Another twentieth-century favorite of mine is Edith Stein, the Jewish philosopher who converted to Roman Catholicism, became a Carmelite nun, and then died in a Nazi concentration camp. The Nazis didn’t care if a Jew had converted to another religion. After her tragic death, Stein became a saint in the estimation of the Catholic Church, whereas I’m sure Merton never will receive such an honor. (More on that in my book.) She’s officially known in the church as St. Teresa Benedicta of the Cross. Still, her niece once asked her about her conversion to Catholicism from Judaism, and Edith responded with a Latin phrase: “Secretum meum mihi.” “My secret is mine.” 

I think you’ll find that this is very true of Merton, as well. Our secrets are our own, particularly when it comes to who we are in our relationship with a God who, when communicating with us, if at all, often does so in a whisper. 

This is one way of suggesting that we’ll never fully understand our subject. It is also a way of saying that Merton’s willingness to consistently and consciously be on pilgrimage, to talk with us while he’s searching for what he’s looking for, and to acknowledge that the search never stops in this life—that the answers are not often clear or simple—makes him an evergreen teacher of spiritual wisdom. 

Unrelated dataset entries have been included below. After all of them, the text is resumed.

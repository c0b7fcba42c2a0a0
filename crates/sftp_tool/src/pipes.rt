//! Pipes that were closed by who reads them.

use sftp_files::{Ending, Failure, STANDARD_OUTPUT};
use sftp_options::Request;

/// The system's number for a pipe that nobody reads any more.
const BROKEN_PIPE: i32 = 32;

/// The ending of a request, if a closed pipe is no failure of it: who reads what it shows has seen enough.
pub(crate) fn quiet<'a>(
    request: &Request<'a>,
    ending: Result<Ending, Failure<'a>>,
) -> Result<Ending, Failure<'a>> {
    match ending {
        Err(Failure::CannotWrite(name, Some(BROKEN_PIPE))) if name == STANDARD_OUTPUT => {
            match enough(request) {
                Some(ending) => Ok(ending),
                None => Err(Failure::CannotWrite(name, Some(BROKEN_PIPE))),
            }
        }
        ending => ending,
    }
}

/// Whether a failure of this request goes without a word: nobody reads its verdict any more. The status tells that it
/// was not given whole.
pub(crate) fn is_silent(request: &Request<'_>, failure: &Failure<'_>) -> bool {
    gives_verdict(request) && is_closed(failure)
}

/// Whether a request prints a verdict.
fn gives_verdict(request: &Request<'_>) -> bool {
    matches!(
        request,
        Request::Audit(_) | Request::AuditEach(_) | Request::AuditTogether(_) | Request::Infer(_)
    )
}

/// Whether standard output is a pipe that nobody reads any more.
fn is_closed(failure: &Failure<'_>) -> bool {
    match failure {
        Failure::CannotWrite(name, Some(BROKEN_PIPE)) => *name == STANDARD_OUTPUT,
        _ => false,
    }
}

/// How a request ends whose output nobody reads to its end, if it may end so.
fn enough(request: &Request<'_>) -> Option<Ending> {
    match request {
        Request::Show(_) | Request::Help(_) => Some(Ending::Done),
        // a line was to be written, so the trees differ
        Request::Diff { .. } => Some(Ending::Different),
        _ => None,
    }
}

Popularly understood, he was a contemplative monk who introduced the possibility of a deep religious and spiritual life—something one might imagine exists only in a monastery—as available to anyone, whether they lived in a cloister or a city, were Christian or some other religious tradition, and whether or not they felt certain in their beliefs. His own life was full of contradictions, as we will soon see, and it is these very contradictions that also make him appealing to us still. He seems to have found a real and deep personal connection to the living God, and yet some of his actions reveal how very human he remained. Yet that core understanding—that a monastic sort of life might be available to you wherever you live—remains compelling. 


Not long ago at the Abbey of Gethsemani, I spent an afternoon with one of the monks and a friend at Merton’s old hermitage in the woods. Although there is a right way to see this special place—by permission, without trespassing—it also isn’t uncommon for people to make their way to the hermitage in their own way, and the monks are generally gracious and forgiving about it. In fact, the trespassing has been happening since Merton’s own lifetime; he spent a fair amount of time ducking people in the woods who were trying to find “that famous monk.” 

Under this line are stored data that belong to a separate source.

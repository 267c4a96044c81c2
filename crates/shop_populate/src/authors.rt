ghost use Rattle.std.specs.Prelude.{◌≡◌, IfOk};
ghost use Rattle.shop_model.specs.population.Population as spec;

use shop_model::words::{first_name, last_name};
use shop_model::{Author, Scale, drawn};
use shop_text::{Caption, Listed, Memory, Shared};
use std::alloc::Global;

/// The table's number in the drawn words.
const AUTHORS: u64 = 4;

/// The author with this id.
#[tactic(auto, unfolding(shop_model::specs::population::Population::author_row))]
fn author_row(alloc: Global, seed: u32, scale: &Scale, id: u32) -> Result<Author, Memory>
    ensures { IfOk result (λ row. row ≡ spec.author_row seed scale.now id) }
{
    let [first, last] = drawn::<2>(seed, scale, AUTHORS, id);
    Ok(Author {
        id,
        first: Caption::copy(alloc, first_name(first))?,
        last: Caption::copy(alloc, last_name(last))?,
    })
}

/// The authors of a shop.
#[tactic(auto, using(shop_model::proofs::cited::Lists::rows_push), unfolding(shop_model::specs::population::Population::authors_table))]
pub(crate) fn authors_table(
    alloc: Global,
    seed: u32,
    scale: &Scale,
) -> Result<Listed<Shared<Author>>, Memory>
    ensures { IfOk result (λ table. table ≡ spec.authors_table seed scale.now) }
{
    let mut table = Listed::with_capacity(alloc, scale.authors as usize)?;
    for made in 0..scale.authors {
        let author = author_row(alloc, seed, scale, made + 1)?;
        table.push(Shared::new(alloc, author)?)?;
    }
    Ok(table)
}
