ghost use Rattle.std.specs.Prelude.{◌≡◌, ◌≤◌, IfOk};
ghost use Rattle.shop_model.specs.population.Population as spec;

use shop_model::Country;
use shop_text::{Listed, Memory, Shared, Text};
use std::alloc::Global;

/// How many countries there are, at every scale.
const COUNTRIES: u32 = 92;

const LONGEST_NAME: usize = b"Country NGAL".len();

#[tactic(auto, unfolding(shop_model::specs::population::Population::country_name))]
fn country_name(alloc: Global, id: u32) -> Result<Text, Memory>
    ensures { IfOk result (λ text. text ≡ spec.country_name id) }
{
    let mut text = Text::with_capacity(alloc, LONGEST_NAME)?;
    text.push(b"Country ")?;
    text.push_digsyl(id)?;
    Ok(text)
}

/// The rate of a country's tax, in hundredths of a per cent: up to ten per cent, in steps of a quarter.
#[tactic(auto, unfolding(shop_model::specs::population::Population::country_rate))]
pub(crate) fn country_rate(id: u32) -> u32
    ensures value { result ≡ spec.country_rate id }
    ensures bound { result ≤ 1_000 }
{
    25 * (id % 41)
}

/// The country with this id.
#[tactic(auto, unfolding(shop_model::specs::population::Population::country_row))]
fn country_row(alloc: Global, id: u32) -> Result<Country, Memory>
    ensures { IfOk result (λ row. row ≡ spec.country_row id) }
{
    Ok(Country {
        id,
        name: country_name(alloc, id)?,
        rate: country_rate(id),
    })
}

/// All countries.
#[tactic(auto, using(shop_model::proofs::cited::Lists::rows_push), unfolding(shop_model::specs::population::Population::countries_table))]
pub(crate) fn countries_table(alloc: Global) -> Result<Listed<Shared<Country>>, Memory>
    ensures { IfOk result (λ table. table ≡ spec.countries_table) }
{
    let mut table = Listed::with_capacity(alloc, COUNTRIES as usize)?;
    for made in 0..COUNTRIES {
        let country = country_row(alloc, made + 1)?;
        table.push(Shared::new(alloc, country)?)?;
    }
    Ok(table)
}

Merton liked to walk in the predawn hours as the mist was rising, observing wrens, cardinals, woodpeckers, and the occasional mockingbird along the way. On this particular morning not long ago, as my two companions and I were walking from the hermitage back to the abbey, I spied a folded single sheet of paper soaking on the grass in the morning dew. I bent down and picked it up. 

Someone had printed out a Merton poem and carried it with them, probably to read it while sitting on the hermitage porch the night before. It had fallen out of the pocket, quite recently, of someone who had walked back down the same hill we were walking down. “His God lives in his emptiness like an affliction,” is one of the lines from the poem on that paper soaking in the dew. The poem is titled “When in the Soul of the Serene Disciple.” It was that emptiness, but also the knowing that God was there in it, that moved Merton throughout his life. 

I tucked the poem in my pocket as we all walked down the hill in the woods, then crossed the road, toward where the gate used to stand that Merton was so happy had once enclosed him inside, about eighty years before.